• [Task material]:
// Test support: the call on a list and moments.
#![tactic(auto)]

use answers::shown::with_words;
use answers::{counted, shown, written};
use columns::Column;
use signals::Written;
use std::io;

// How many words, how many words of the list were passed, the output.
fn values_in(rt: &impl Print, list: &[u32], moments: &[u32], out: &mut [u32]) -> io::Result<()> {
    match charting::values(list, moments, out) {
        Column::Filled { count, passed } => {
            shown::number(rt, count as u64)?;
            with_words(rt, counted(passed as u64), out)
        }
        Column::Refused(fault) => with_words(rt, written(Written::Refused(fault)), out),
    }
}

// With as many words of output, which has room for more than the most moments.
pub fn values(rt: &impl Print, list: &[u32], moments: &[u32], room: usize) -> io::Result<()> {
    let mut out = [7u32; 1002];
    if let Some(out) = out.get_mut(..room) {
        values_in(rt, list, moments, out)?;
    }
    Ok(())
}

• [Directions]: Scan the records for the word "output" and copy every line where it is found.

• [Result]:
// How many words, how many words of the list were passed, the output.
// With as many words of output, which has room for more than the most moments.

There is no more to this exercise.